赤ちゃんの肌もお母さんの髪も建物の一階に植わっているハナミズキもまだ濡れて重たくはためくタオルも、飲み込みきれないほどの光であふれていた。
赤ちゃんが何か言ったのか、お母さんは振り向いて話し、くすくす笑う。
そんな幸福のシーンを10歳のわたしは向かいのうちから半ば呆然とみていた。

足元に目を落とすとわたしは影の中にいた。
あまりにも影は濃くて、すうっと寒いような気がするくらいだった。
斜めの線で区切られた向こう側には足をわずか半歩ずらすだけで届く。
日なたに足を出してみようか、と思う。
ほんのこの先、境目を越えたあのくすくすと洗い立ての服の匂いでいっぱいの向こうがわに。
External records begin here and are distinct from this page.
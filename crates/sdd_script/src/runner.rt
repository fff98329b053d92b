//! Runs of scripts.
ghost use Rattle.std.specs.Prelude.{◌≡◌, ◌⊎◌, IfOk, MatchResult};
ghost use Rattle.sdd_core.specs.Limits.{AreInRange};
ghost use Rattle.sdd_script_model.specs.Script.{IsRun};

use crate::acts::leaving::close;
use crate::line::answer_to;
use crate::scene::Scene;
use sdd_core::{Limits, Refused};
use sdd_interpreter::Interpreter;
use sdd_script_text::{Answer, Call};
use std::alloc::Global;

/// Runs calls on a new world, one after another, and answers each. What an opening names as reclaimed, or as run, is
/// exactly what is due by the calls before it and their order.
///
/// `BadLimits` where a limit is out of its range. `NoMemory` where memory was refused, for the world, for the answers
/// or for a call: then nothing is left of the run.
pub fn run(alloc: Global, limits: Limits, calls: &[Call]) -> Result<(Vec<Answer>, Scene), Refused>
    ensures run { IfOk result (λ done. IsRun limits calls.now done.0.items done.1) }
    ensures limits { MatchResult result (λ _. AreInRange limits)
        (λ refused. ((refused ≡ Refused.BadLimits) × ¬ (AreInRange limits)) ⊎ ((refused ≡ Refused.NoMemory) × AreInRange limits)) }
{
    let mut interpreter = Interpreter::new(alloc, limits)?;
    let mut answers = match Vec::with_capacity(alloc, calls.len()) {
        Ok(answers) => answers,
        Err(_) => {
            close(interpreter);
            return Err(Refused::NoMemory);
        }
    };
    for call in calls {
        interpreter.environment.log.moment += 1;
        match answer_to(&mut interpreter, call) {
            Ok(answer) => {
                interpreter.environment.world.reclaims_in_time();
                answers.push_reserved(answer);
            }
            Err(refused) => {
                close(interpreter);
                return Err(refused);
            }
        }
    }
    Ok((answers, Scene::of(interpreter)))
}
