//! What a script leaves behind.
ghost use Rattle.std.specs.Prelude.{◌≡◌, ◌+◌};

use crate::acts::leaving::close;
use sdd_interpreter::Interpreter;
use sdd_participants::Tally;
use sdd_script_model::Val;
use sdd_world::World;
use std::marker::Model;

/// The world that a script left behind, with what the script still holds.
///
/// A scene must be spent by `close`.
pub struct Scene {
    interpreter: Interpreter,
}

impl Model for Scene {
    ghost use Rattle.std.specs.Coded.{codes};
    ghost use Rattle.sdd_lists.specs.contracts.linked_entry.LinkedEntry as entry;
    ghost use Rattle.sdd_script_model.specs.contracts.val.Body as body;
    ghost use Rattle.sdd_script_model.specs.ScriptState.{ScriptState};

    ghost Value = { ScriptState };

    ghost coded = { Prim.hlevel (codes, (entry.the_row body.the_row).coded) };

    ghost view = { λ scene. scene.interpreter };
}

impl Scene {
    pub(crate) fn of(interpreter: Interpreter) -> Scene
        ensures { result ≡ interpreter }
    {
        Scene { interpreter }
    }

    /// The world.
    pub fn world(&self) -> &World<Val>
        ensures { result.now ≡ self.now.world }
    {
        self.interpreter.world()
    }

    /// Ends the scene: every guard is closed, every owner, collector and cell spent, every item given up that is out as raw, and all that waits is
    /// reclaimed. Answers how many items were made, reclaimed and dropped in place: those that the script made and dropped, and so each other one
    /// that it made is reclaimed.
    ///
    /// It takes no memory and is never refused.
    pub fn close(self) -> Tally
        ensures made { result.made ≡ self.world.tally.made }
        ensures in_place { result.in_place ≡ self.world.tally.in_place }
        ensures balance { result.reclaimed + result.in_place ≡ result.made }
    {
        let Scene { interpreter } = self;
        close(interpreter)
    }
}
じりじりと爪先の温度があがってゆく感触まで想像しているのに、それなのにわたしは光のなかに足を踏み出すことができなかった。
もう一度顔をあげるとベランダにはもうお母さんと赤ちゃんは部屋に入ってしまっていて、洗濯物だけがひらひらとやわらかになびいていた。
Tシャツも手すりもハナミズキも、小さく飛び回る羽虫も、なにもかも平等に太陽に包まれている。
わたしとわたしのまわりの影に切り取られた、ここの空気以外すべて。

おひさまと影の境目でわたしは一歩も動けないでいた。
どんどんからだが冷えていく、と想像しながら、わたしはとても安らかな気持ちだった。